(STUDY MATERIAL begins)
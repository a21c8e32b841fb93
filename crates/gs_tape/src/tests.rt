ghost use Rattle.std.specs.Prelude.{◌≡◌, ◌∷◌, [], IfOk};

use super::*;
use gs_bytes::{MemSink, SureSink};
use std::alloc::Global;
use std::test::Fail;

/// The lengths of the first nine IDR units that 7 generates, and of the deltas of the ninth tick.
const LENGTHS: [usize; 13] = [
    105278, 117219, 113632, 105654, 115517, 116288, 118074, 115785, 115718, 42250, 42832, 41576,
    41577,
];

// The first tick of a capture, with an IDR unit of three bytes.
fn first_tick(alloc: Global) -> Result<Tick, Fail>
    ensures { IfOk result (λ tick. tick ≡ record {
      number = 1;
      time = 0;
      idr = 65 ∷ 66 ∷ 67 ∷ [];
      deltas = [];
      audio = [];
    }) }
{
    Ok(Tick {
        number: 1,
        time: 0,
        idr: Unit::copy_of(alloc, b"ABC")?,
        deltas: Deltas::from_vec(Vec::new(alloc)),
        audio: Units::from_vec(Vec::new(alloc)),
    })
}

#[test]
fn a_file_is_written(rt: HostRuntime) -> Result<(), Fail> {
    let mut out = SureSink::new(rt.alloc(), 7)?;
    let mut writer = TapeWriter::open(rt.alloc(), 0, 5, &mut out)?;
    let tick = first_tick(rt.alloc())?;
    writer.put(&tick, &mut out)?;
    writer.end(&mut out)?;
    assert!(rt;
        out.written()
            == b"GSTAPE01\x00\x00\x05\x00T\x00\x00\x00\x00\x00\x00\x03\x00\x00\x00ABCE".as_slice()
    );
    Ok(())
}

#[test]
fn a_fault_of_the_sink_is_told(rt: HostRuntime) -> Result<(), Fail> {
    let mut out = MemSink::new(rt.alloc(), 100, &[2])?;
    let mut writer = TapeWriter::open(rt.alloc(), 0, 10, &mut out)?;
    let tick = first_tick(rt.alloc())?;
    assert!(rt; writer.put(&tick, &mut out) == Err(WriteError::WriteFault));
    assert!(rt; out.written() == b"GSTAPE01\x00\x00\x0A\x00".as_slice());
    Ok(())
}

#[test]
fn a_unit_is_shared(rt: HostRuntime) -> Result<(), Fail> {
    let unit = Unit::copy_of(rt.alloc(), b"ABC")?;
    let again = unit.clone()?;
    assert!(rt; again == unit);
    assert!(rt; again.as_bytes() == b"ABC".as_slice());
    assert!(rt; again.len() == 3);
    assert!(rt; !again.is_empty());
    Ok(())
}

// The next tick that is generated.
fn generated_next(generator: &mut Generator, alloc: Global) -> Result<Option<Tick>, Fail> {
    Ok(generator.next(alloc)?)
}

#[test]
fn a_number_generates_its_capture(rt: HostRuntime) -> Result<(), Fail> {
    let mut generator = Generator::new(7, 9);
    let mut lengths = Vec::new(rt.alloc());
    for _ in 0..9 {
        if let Some(tick) = generated_next(&mut generator, rt.alloc())? {
            lengths.push(tick.idr.len())?;
            if tick.number == 9 {
                for delta in tick.deltas.as_slice() {
                    lengths.push(delta.unit.len())?;
                }
                assert!(rt; tick.time == 133);
                assert!(rt; tick.idr.as_bytes().first() == Some(&199u8));
                assert!(rt; tick.audio.len() == 4);
            }
        }
    }
    assert!(rt; lengths.as_slice() == LENGTHS.as_slice());
    assert!(rt; generated_next(&mut generator, rt.alloc())?.is_none());
    Ok(())
}
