//! Why a capture file is not read or written on.

use gs_bytes::{Failed, OutOfMemory};
use std::alloc::{AllocError, AllocFailed};
use thiserror::Error;

/// Why a capture file is not read on. Kinds of `BadTape`: 1 the head, 2 a tag, 3 a time below the one
/// before, 4 a count, 5 a named tick, 6 the end inside a field or where a tag is due, 7 a byte after
/// the end mark. The place is that of the first byte of the field at fault, from 0; for kind 6 it is
/// the length of the file.
#[derive(Clone, Copy, Debug, PartialEq, Eq, Error)]
pub enum TapeError {
    /// The source failed.
    #[error("read failed")]
    TapeFault,
    /// The bytes are no capture file.
    #[error("kind {kind} at {place}")]
    BadTape { kind: u8, place: u64 },
    /// There is no room for this tick.
    #[error("full at tick {tick}")]
    TapeFull { tick: u32 },
    /// A unit of this tick is too large.
    #[error("unit too large in tick {tick}")]
    UnitTooLarge { tick: u32 },
    /// Audio units are too long.
    #[error("audio length {length}")]
    AudioLength { length: u16 },
    /// An allocation was refused.
    #[error("out of memory")]
    OutOfMemory,
}

impl From<Failed> for TapeError {
    ghost use Rattle.std.specs.Prelude.{◌≡◌};
    ghost use Rattle.gs_tape.specs.Errors.{read_error};

    ghost from_gives = { λ failed e. e ≡ read_error failed };

    fn from(failed: Failed) -> TapeError {
        match failed {
            Failed::Fault => TapeError::TapeFault,
            Failed::NoMemory => TapeError::OutOfMemory,
        }
    }
}

impl From<OutOfMemory> for TapeError {
    ghost use Rattle.std.specs.Prelude.{◌≡◌};
    ghost use Rattle.gs_tape.specs.declared.error.TapeError.TheVariants as tape_error;

    ghost from_gives = { λ _ e. e ≡ tape_error.OutOfMemory };

    fn from(_refused: OutOfMemory) -> TapeError {
        TapeError::OutOfMemory
    }
}

impl From<AllocError> for TapeError {
    ghost use Rattle.std.specs.Prelude.{◌≡◌};
    ghost use Rattle.gs_tape.specs.declared.error.TapeError.TheVariants as tape_error;

    ghost from_gives = { λ _ e. e ≡ tape_error.OutOfMemory };

    fn from(_refused: AllocError) -> TapeError {
        TapeError::OutOfMemory
    }
}

impl<T: Drop> From<AllocFailed<T>> for TapeError {
    ghost use Rattle.std.specs.Prelude.{◌≡◌};
    ghost use Rattle.gs_tape.specs.declared.error.TapeError.TheVariants as tape_error;

    ghost from_gives = { λ _ e. e ≡ tape_error.OutOfMemory };

    fn from(_refused: AllocFailed<T>) -> TapeError {
        TapeError::OutOfMemory
    }
}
(STUDY MATERIAL ends)
**TASK TO CARRY OUT**: With nothing added or dropped, write out every entry.

**ANSWER SECTION**:
repository a21c8e32b841fb93
filename crates/gs_tape/src/tests.rt
ghost use Rattle.std.specs.Prelude.{◌≡◌, ◌∷◌, [], IfOk};

use super::*;
use gs_bytes::{MemSink, SureSink};
use std::alloc::Global;
use std::test::Fail;

/// The lengths of the first nine IDR units that 7 generates, and of the deltas of the ninth tick.
const LENGTHS: [usize; 13] = [
    105278, 117219, 113632, 105654, 115517, 116288, 118074, 115785, 115718, 42250, 42832, 41576,
    41577,
];

// The first tick of a capture, with an IDR unit of three bytes.
fn first_tick(alloc: Global) -> Result<Tick, Fail>
    ensures { IfOk result (λ tick. tick ≡ record {
      number = 1;
      time = 0;
      idr = 65 ∷ 66 ∷ 67 ∷ [];
      deltas = [];
      audio = [];
    }) }
{
    Ok(Tick {
        number: 1,
        time: 0,
        idr: Unit::copy_of(alloc, b"ABC")?,
        deltas: Deltas::from_vec(Vec::new(alloc)),
        audio: Units::from_vec(Vec::new(alloc)),
    })
}

#[test]
fn a_file_is_written(rt: HostRuntime) -> Result<(), Fail> {
    let mut out = SureSink::new(rt.alloc(), 7)?;
    let mut writer = TapeWriter::open(rt.alloc(), 0, 5, &mut out)?;
    let tick = first_tick(rt.alloc())?;
    writer.put(&tick, &mut out)?;
    writer.end(&mut out)?;
    assert!(rt;
        out.written()
            == b"GSTAPE01\x00\x00\x05\x00T\x00\x00\x00\x00\x00\x00\x03\x00\x00\x00ABCE".as_slice()
    );
    Ok(())
}

#[test]
fn a_fault_of_the_sink_is_told(rt: HostRuntime) -> Result<(), Fail> {
    let mut out = MemSink::new(rt.alloc(), 100, &[2])?;
    let mut writer = TapeWriter::open(rt.alloc(), 0, 10, &mut out)?;
    let tick = first_tick(rt.alloc())?;
    assert!(rt; writer.put(&tick, &mut out) == Err(WriteError::WriteFault));
    assert!(rt; out.written() == b"GSTAPE01\x00\x00\x0A\x00".as_slice());
    Ok(())
}

#[test]
fn a_unit_is_shared(rt: HostRuntime) -> Result<(), Fail> {
    let unit = Unit::copy_of(rt.alloc(), b"ABC")?;
    let again = unit.clone()?;
    assert!(rt; again == unit);
    assert!(rt; again.as_bytes() == b"ABC".as_slice());
    assert!(rt; again.len() == 3);
    assert!(rt; !again.is_empty());
    Ok(())
}

// The next tick that is generated.
fn generated_next(generator: &mut Generator, alloc: Global) -> Result<Option<Tick>, Fail> {
    Ok(generator.next(alloc)?)
}

#[test]
fn a_number_generates_its_capture(rt: HostRuntime) -> Result<(), Fail> {
    let mut generator = Generator::new(7, 9);
    let mut lengths = Vec::new(rt.alloc());
    for _ in 0..9 {
        if let Some(tick) = generated_next(&mut generator, rt.alloc())? {
            lengths.push(tick.idr.len())?;
            if tick.number == 9 {
                for delta in tick.deltas.as_slice() {
                    lengths.push(delta.unit.len())?;
                }
                assert!(rt; tick.time == 133);
                assert!(rt; tick.idr.as_bytes().first() == Some(&199u8));
                assert!(rt; tick.audio.len() == 4);
            }
        }
    }
    assert!(rt; lengths.as_slice() == LENGTHS.as_slice());
    assert!(rt; generated_next(&mut generator, rt.alloc())?.is_none());
    Ok(())
}
//! Why a capture file is not read or written on.

use gs_bytes::{Failed, OutOfMemory};
use std::alloc::{AllocError, AllocFailed};
use thiserror::Error;

/// Why a capture file is not read on. Kinds of `BadTape`: 1 the head, 2 a tag, 3 a time below the one
/// before, 4 a count, 5 a named tick, 6 the end inside a field or where a tag is due, 7 a byte after
/// the end mark. The place is that of the first byte of the field at fault, from 0; for kind 6 it is
/// the length of the file.
#[derive(Clone, Copy, Debug, PartialEq, Eq, Error)]
pub enum TapeError {
    /// The source failed.
    #[error("read failed")]
    TapeFault,
    /// The bytes are no capture file.
    #[error("kind {kind} at {place}")]
    BadTape { kind: u8, place: u64 },
    /// There is no room for this tick.
    #[error("full at tick {tick}")]
    TapeFull { tick: u32 },
    /// A unit of this tick is too large.
    #[error("unit too large in tick {tick}")]
    UnitTooLarge { tick: u32 },
    /// Audio units are too long.
    #[error("audio length {length}")]
    AudioLength { length: u16 },
    /// An allocation was refused.
    #[error("out of memory")]
    OutOfMemory,
}

impl From<Failed> for TapeError {
    ghost use Rattle.std.specs.Prelude.{◌≡◌};
    ghost use Rattle.gs_tape.specs.Errors.{read_error};

    ghost from_gives = { λ failed e. e ≡ read_error failed };

    fn from(failed: Failed) -> TapeError {
        match failed {
            Failed::Fault => TapeError::TapeFault,
            Failed::NoMemory => TapeError::OutOfMemory,
        }
    }
}

impl From<OutOfMemory> for TapeError {
    ghost use Rattle.std.specs.Prelude.{◌≡◌};
    ghost use Rattle.gs_tape.specs.declared.error.TapeError.TheVariants as tape_error;

    ghost from_gives = { λ _ e. e ≡ tape_error.OutOfMemory };

    fn from(_refused: OutOfMemory) -> TapeError {
        TapeError::OutOfMemory
    }
}

impl From<AllocError> for TapeError {
    ghost use Rattle.std.specs.Prelude.{◌≡◌};
    ghost use Rattle.gs_tape.specs.declared.error.TapeError.TheVariants as tape_error;

    ghost from_gives = { λ _ e. e ≡ tape_error.OutOfMemory };

    fn from(_refused: AllocError) -> TapeError {
        TapeError::OutOfMemory
    }
}

impl<T: Drop> From<AllocFailed<T>> for TapeError {
    ghost use Rattle.std.specs.Prelude.{◌≡◌};
    ghost use Rattle.gs_tape.specs.declared.error.TapeError.TheVariants as tape_error;

    ghost from_gives = { λ _ e. e ≡ tape_error.OutOfMemory };

    fn from(_refused: AllocFailed<T>) -> TapeError {
        TapeError::OutOfMemory
    }
}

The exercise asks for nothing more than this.